YAY!! I finally got to work on it again!


----------



## chanda95

So only a little bit has been done..I need to kick myself in gear and finish this.


----------



## TerryCurley

Consider yourself kicked. It's coming out so nice, but you have a lot going on in your life. It's understandable that it has to take a back seat to a flood in your home.


----------



## just

I'm thinking that is either a blue or grey roan but it is hard to tell in black and white. Am I close?


----------



## chanda95

just said:


> I'm thinking that is either a blue or grey roan but it is hard to tell in black and white. Am I close?

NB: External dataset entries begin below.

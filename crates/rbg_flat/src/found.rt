//! The modifiers that a flat part finds, by words of 64 vertices.
ghost use Rattle.std.specs.Prelude.{◌≡◌, ℕ, ◌<◌, ◌≤◌, ◌^◌, ◌↔◌, ◌⊎◌, [], ◌∷◌, ◌++◌, length, slice_get, Some, All, Contains, IfSome, IfNone, OnOk, IsTrue, Decides};
ghost use Rattle.std.specs.Int.{bit_at};
ghost use Rattle.std.specs.List.Sorted.{IsPermutation};
ghost use Rattle.rbg_rules.specs.Meaning.{IsGame, IsSwitchAt, positions_of};
ghost use Rattle.rbg_flat.specs.Order.{IsBefore, IsLeast};
ghost use Rattle.rbg_flat.specs.internal.Shown.{shows_switch};
ghost use Rattle.rbg_flat.specs.internal.Bits.{pairs_of, pairs_in, first_of, first_at, IsFilled};
ghost use Rattle.rbg_flat.specs.internal.Gathering.{PushesWord};
ghost use Rattle.rbg_flat.specs.declared.found.Word.{Word};

use crate::words::{lowest, without};
use rbg_base::{Memory, Pair, Position, Vertex};
use rbg_rules::{Action, Game};
use std::alloc::Global;
use std::marker::Model;

/// Vertices with one position.
#[derive(Clone, Copy)]
struct Word {
    /// The vertex of the lowest bit.
    base: Vertex,
    position: Position,
    /// A bit for each vertex.
    bits: u64,
}

/// The modifiers that come next in a flat part and are valid, each with its vertex. They are kept by words of 64 vertices.
/// Contracts see the list of all pairs.
#[derive(Drop)]
pub struct Modifiers {
    words: Vec<Word>,
}

impl Model for Modifiers {
    ghost use Rattle.std.specs.Prelude.{ℕ, List, All};
    ghost use Rattle.rbg_flat.specs.internal.Bits.{pairs_in, IsFilled};

    ghost Value = { List (ℕ × ℕ) };

    ghost view = { λ m. pairs_in m.words.items };

    ghost invariant = { λ m. All IsFilled m.words.items };
}

impl Modifiers {
    /// No modifiers.
    pub fn new(alloc: Global) -> Modifiers
        ensures { result ≡ [] }
    {
        Modifiers {
            words: Vec::new(alloc),
        }
    }

    /// Takes all away, and keeps the room.
    pub fn clear(&mut self)
        ensures { self.new ≡ [] }
    {
        self.words.clear();
    }

    /// Puts the position with each vertex of a word after what was there.
    #[inline(always)]
    pub(crate) fn push_word(
        &mut self,
        position: Position,
        column: usize,
        word: u64,
    ) -> Result<(), Memory>
        requires { column < 2 ^ 25 }
        ensures { OnOk result (PushesWord self.old self.new position column word) }
    {
        if word != 0 {
            let base = column as Vertex * 64;
            self.words.push(Word {
                base,
                position,
                bits: word,
            })?;
        }
        Ok(())
    }

    /// Puts one more after what was there.
    pub fn push(&mut self, vertex: Vertex, position: Position) -> Result<(), Memory>
        ensures { OnOk result (self.new ≡ self.old ++ (vertex, position) ∷ []) }
    {
        self.words.push(Word {
            base: vertex,
            position,
            bits: 1,
        })?;
        Ok(())
    }

    /// Puts these in place of what was there.
    pub fn refill(&mut self, pairs: &[Pair]) -> Result<(), Memory>
        ensures { OnOk result (self.new ≡ pairs.now) }
    {
        self.clear();
        for pair in pairs {
            self.push(pair.vertex, pair.position)?;
        }
        Ok(())
    }

    /// Takes the least of them, by vertex and then by position; none where there are none.
    #[inline(always)]
    pub fn take_least(&mut self) -> Option<Pair>
        ensures permutation { IfSome result (λ pair. IsPermutation self.old (pair ∷ self.new)) }
        ensures least { IfSome result (IsLeast self.old) }
        ensures none { IfNone result (self.old ≡ []) }
    {
        match least_word(&self.words) {
            None => None,
            Some(index) => Some(take_first(&mut self.words, index)),
        }
    }

    /// Takes the least of those that are switches, by vertex and then by position; none where there are none.
    pub fn take_switch(&mut self, game: &Game) -> Option<Pair>
        requires lawful { IsGame game.now }
        requires within { All (λ pair. (0 < pair.1) × (pair.1 ≤ length (positions_of game.now.rules)))
            self.old }
        ensures permutation { IfSome result (λ pair. IsPermutation self.old (pair ∷ self.new)) }
        ensures switches { IfSome result (λ pair. IsSwitchAt game.now.rules pair.1) }
        ensures least { IfSome result (λ pair. (x : ℕ × ℕ) → Contains self.old x
            → IsSwitchAt game.now.rules x.1 → ¬ IsBefore x pair) }
        ensures kept { IfNone result (self.new ≡ self.old) }
        ensures none { IfNone result (All (λ pair. ¬ IsSwitchAt game.now.rules pair.1) self.old) }
    {
        match switch_word(&self.words, game) {
            None => None,
            Some(index) => Some(take_first(&mut self.words, index)),
        }
    }

    /// Whether a pair is one of them.
    pub fn contains(&self, vertex: Vertex, position: Position) -> bool
        ensures { Decides result (Contains self.now (vertex, position)) }
    {
        has_pair(&self.words, vertex, position)
    }

    /// Writes them out one by one, in place of what the list held.
    pub fn write_to(&self, pairs: &mut Vec<Pair>) -> Result<(), Memory>
        ensures { OnOk result (pairs.new.items ≡ self.now) }
    {
        pairs.clear();
        spell(&self.words, pairs)
    }
}

/// The vertex of the lowest bit of a word that has one.
#[inline(always)]
fn first_vertex(word: Word) -> Vertex
    requires { IsFilled word }
    ensures { result ≡ (first_of word).0 }
{
    word.base + lowest(word.bits)
}

/// Whether one vertex with its position stands before another one.
#[inline(always)]
fn is_before(vertex: Vertex, position: Position, other: Vertex, beyond: Position) -> bool
    ensures { IsTrue result ↔ IsBefore (vertex, position) (other, beyond) }
{
    vertex < other || (vertex == other && position < beyond)
}

/// Which word has the least pair; none where there are no words.
#[inline(always)]
fn least_word(words: &[Word]) -> Option<usize>
    requires { All IsFilled words.now }
    ensures least { IfSome result (λ k. IsLeast (pairs_in words.now) (first_at words.now k)) }
    ensures below { IfSome result (λ k. k < length words.now) }
    ensures none { IfNone result (words.now ≡ []) }
{
    if words.len() == 0 {
        return None;
    }
    let mut least = 0;
    let mut vertex = first_vertex(words[0]);
    let mut position = words[0].position;
    for index in 1..words.len() {
        let word = words[index];
        let first = first_vertex(word);
        if is_before(first, word.position, vertex, position) {
            least = index;
            vertex = first;
            position = word.position;
        }
    }
    Some(least)
}

/// Takes the first pair off a word.
#[inline(always)]
fn take_first(words: &mut Vec<Word>, index: usize) -> Pair
    requires filled { All IsFilled words.old.items }
    requires index { index < length words.old.items }
    ensures first { result ≡ first_at words.old.items index }
    ensures permutation { IsPermutation (pairs_in words.old.items)
        (result ∷ pairs_in words.new.items) }
    ensures filled { All IsFilled words.new.items }
{
    let word = words[index];
    let bit = lowest(word.bits);
    let bits = without(word.bits, bit);
    if bits == 0 {
        drop_word(words, index);
    } else {
        words[index] = Word {
            base: word.base,
            position: word.position,
            bits,
        };
    }
    Pair {
        vertex: word.base + bit,
        position: word.position,
    }
}

/// Takes a word away. The last one takes its place.
#[inline(always)]
fn drop_word(words: &mut Vec<Word>, index: usize)
    requires { index < length words.old.items }
    ensures rest { (w : Word) → slice_get words.old.items index ≡ Some w
        → IsPermutation (pairs_in words.old.items) (pairs_of w ++ pairs_in words.new.items) }
    ensures filled { All IsFilled words.old.items → All IsFilled words.new.items }
{
    let Some(last) = words.pop() else {
        return;
    };
    if index < words.len() {
        words[index] = last;
    }
}

/// Which word has the least pair that is a switch; none where no word has one.
fn switch_word(words: &[Word], game: &Game) -> Option<usize>
    requires lawful { IsGame game.now }
    requires filled { All IsFilled words.now }
    requires within { All (λ pair. (0 < pair.1) × (pair.1 ≤ length (positions_of game.now.rules)))
        (pairs_in words.now) }
    ensures below { IfSome result (λ k. k < length words.now) }
    ensures switches { IfSome result (λ k. IsSwitchAt game.now.rules (first_at words.now k).1) }
    ensures least { IfSome result (λ k. (x : ℕ × ℕ) → Contains (pairs_in words.now) x
        → IsSwitchAt game.now.rules x.1 → ¬ IsBefore x (first_at words.now k)) }
    ensures none { IfNone result
        (All (λ pair. ¬ IsSwitchAt game.now.rules pair.1) (pairs_in words.now)) }
{
    let mut least = None;
    for index in 0..words.len() {
        if is_switch(game, words[index].position) {
            least = Some(sooner(words, least, index));
        }
    }
    least
}

/// Which of two words has the lesser pair, where there are two.
#[inline(always)]
fn sooner(words: &[Word], known: Option<usize>, index: usize) -> usize
    requires filled { All IsFilled words.now }
    requires known { IfSome known (λ k. k < length words.now) }
    requires index { index < length words.now }
    ensures either { (result ≡ index) ⊎ (known ≡ Some result) }
    ensures new { ¬ IsBefore (first_at words.now index) (first_at words.now result) }
    ensures known { IfSome known (λ k.
        ¬ IsBefore (first_at words.now k) (first_at words.now result)) }
{
    match known {
        Some(other) if !goes_before(words[index], words[other]) => other,
        _ => index,
    }
}

/// Whether the least pair of a word stands before that of another one.
#[inline(always)]
fn goes_before(word: Word, other: Word) -> bool
    requires word { IsFilled word }
    requires other { IsFilled other }
    ensures { IsTrue result ↔ IsBefore (first_of word) (first_of other) }
{
    is_before(
        first_vertex(word),
        word.position,
        first_vertex(other),
        other.position,
    )
}

/// Whether a switch stands at a position.
#[inline(always)]
fn is_switch(game: &Game, position: Position) -> bool
    requires lawful { IsGame game.now }
    requires from_one { 0 < position }
    requires there { position ≤ length (positions_of game.now.rules) }
    ensures { IsTrue result ↔ IsSwitchAt game.now.rules position }
{
    switches(game.action(position))
}

/// Whether the action is a switch.
fn switches(action: &Action) -> bool
    ensures { result ≡ shows_switch action.now }
{
    matches!(action, Action::Switch { .. })
}

/// Whether a pair is one of those of the words.
fn has_pair(words: &[Word], vertex: Vertex, position: Position) -> bool
    ensures { Decides result (Contains (pairs_in words.now) (vertex, position)) }
{
    for word in words {
        if word_has(*word, vertex, position) {
            return true;
        }
    }
    false
}

/// Whether a pair is one of those of a word.
#[inline(always)]
fn word_has(word: Word, vertex: Vertex, position: Position) -> bool
    ensures { Decides result (Contains (pairs_of word) (vertex, position)) }
{
    if word.position != position || vertex < word.base {
        return false;
    }
    has_bit(word.bits, vertex - word.base)
}

/// Whether a word has a bit at a place, and it is set.
#[inline(always)]
fn has_bit(word: u64, bit: u32) -> bool
    ensures { Decides result ((bit < 64) × (bit_at word bit ≡ 1)) }
{
    bit < 64 && word >> bit & 1 == 1
}

/// Writes the pairs of words after what the list held.
fn spell(words: &[Word], pairs: &mut Vec<Pair>) -> Result<(), Memory>
    requires { All IsFilled words.now }
    ensures { OnOk result (pairs.new.items ≡ pairs.old.items ++ pairs_in words.now) }
{
    for word in words {
        spell_word(*word, pairs)?;
    }
    Ok(())
}

/// Writes the pairs of a word after what the list held.
fn spell_word(word: Word, pairs: &mut Vec<Pair>) -> Result<(), Memory>
    requires { IsFilled word }
    ensures { OnOk result (pairs.new.items ≡ pairs.old.items ++ pairs_of word) }
{
    let mut rest = word.bits;
    while rest != 0 {
        let bit = lowest(rest);
        pairs.push(Pair {
            vertex: word.base + bit,
            position: word.position,
        })?;
        rest = without(rest, bit);
    }
    Ok(())
}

It's a buckskin but I could see where you would get that. It is hard to tell in black and white and I thought initially about doing it in color but didn't. She didn't ask for color. I do hope to work a little bit more on the value shifts and the mane once I get everything where I want it.


----------



## just

I can see that it's a buckskin. I was not able to see the dark legs and tale. Great drawing.


----------



## Michael Graves

Awesome detail Chanda...You bad!


----------



## chanda95

Thanks guys! There is still so much to do on it but I won't get to touch it until Tuesday of next week. So this is the last update for a while.


----------



## TerryCurley

It's wonderful Chanda.


----------



## chanda95

Back at it. Deepening shadow is next!


----------



## TerryCurley

Already he looks so alive.


----------



## just

You have grown a lot. Taking the time you need with your work. I think that you have a profound sense of art and know how to proceed with your own style. You are definitely one of the best.


----------



## chanda95

just said:


> You have grown a lot. Taking the time you need with your work. I think that you have a profound sense of art and know how to proceed with your own style. You are definitely one of the best.


Thank you so much. That means a lot to me. I try to absorb what I am told about my work and learn from my mistakes and pick up from what I see others doing and incorporate it into my own work. I am proud of what I do but I also like to look at my drawings and ask myself what I can do to make it better next time. The only way to get better is to keep working at it. 

I think slowing down and not getting in a rush has absolutely been one of the best things I have done for my drawings.


----------



## TerryCurley

I'm trying to take more time with my work also. Using oil has helped me there. I need to wait often between sections of the painting so it dries enough to work on the next part. During the waiting it's sitting on my desk looking at me and makes me think how can I make it better. Though with painting when you put the paint on the palette you want to use it up before it dries so it naturally goes faster than pencil work. I try to put as little paint on the palette as possible at any given time.


----------



## chanda95

I just need to add the signature. Crappy picture taken with a cell phone but it's all I have with me right now. It looks better in real life.


----------



## TerryCurley

My pictures never look as good in photos as in real life. I don't have a good camera. As I said on your page he is looking right at me and I can hear him saying "Hi There", with his nose just ever so slightly rippled to the side. You have captured his essence and personality. I love it.


----------



## chanda95

Thank you! I have a great camera but it's so big that lugging it around isn't an option. :-( I will have to take my drawing home tonight and try to get a nice picture of it. Natural light is best but it's so windy out today I don't know if I will be able to manage that. It's for a teenage girl so I think it should go over fairly well.


----------



## cjm1972

Really well done chanda, horses really are beautiful animals, I'm sure she will really love it.


----------



## just

He is looking to see if he recognizes me. Wonderful job. Sarge wouldn't let him get near me.


----------



## chanda95

Thanks guys! I was able to get a better picture of it. She loved it.


----------



## SherylG

Absolutely beautiful! You've certainly got talent! Thanks for the WIP. Always interesting to see and a good way to learn!


----------



## chanda95

Thank you! I love WIP threads. It doesn't matter whose. Watching a piece evolve from the beginning to the end just draws appeals to me. I like to see the progression and you are so right..it's a fantastic way to learn.


----------